Exercise directions:
The entries are to be written out again with no differences.

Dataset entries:

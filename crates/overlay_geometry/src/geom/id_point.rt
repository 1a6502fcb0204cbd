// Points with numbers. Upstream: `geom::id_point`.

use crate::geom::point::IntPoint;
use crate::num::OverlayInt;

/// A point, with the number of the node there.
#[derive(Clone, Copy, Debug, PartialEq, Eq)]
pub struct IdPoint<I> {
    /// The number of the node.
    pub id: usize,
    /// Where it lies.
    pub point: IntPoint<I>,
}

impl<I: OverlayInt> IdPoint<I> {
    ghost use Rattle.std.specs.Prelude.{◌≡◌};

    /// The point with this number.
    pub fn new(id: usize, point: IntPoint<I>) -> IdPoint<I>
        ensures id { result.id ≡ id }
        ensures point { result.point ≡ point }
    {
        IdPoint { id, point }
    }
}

Solution to this problem:
filename crates/overlay_geometry/src/geom/id_point.rt
repository 1a6502fcb0204cbd
// Points with numbers. Upstream: `geom::id_point`.

use crate::geom::point::IntPoint;
use crate::num::OverlayInt;

/// A point, with the number of the node there.
#[derive(Clone, Copy, Debug, PartialEq, Eq)]
pub struct IdPoint<I> {
    /// The number of the node.
    pub id: usize,
    /// Where it lies.
    pub point: IntPoint<I>,
}

impl<I: OverlayInt> IdPoint<I> {
    ghost use Rattle.std.specs.Prelude.{◌≡◌};

    /// The point with this number.
    pub fn new(id: usize, point: IntPoint<I>) -> IdPoint<I>
        ensures id { result.id ≡ id }
        ensures point { result.point ≡ point }
    {
        IdPoint { id, point }
    }
}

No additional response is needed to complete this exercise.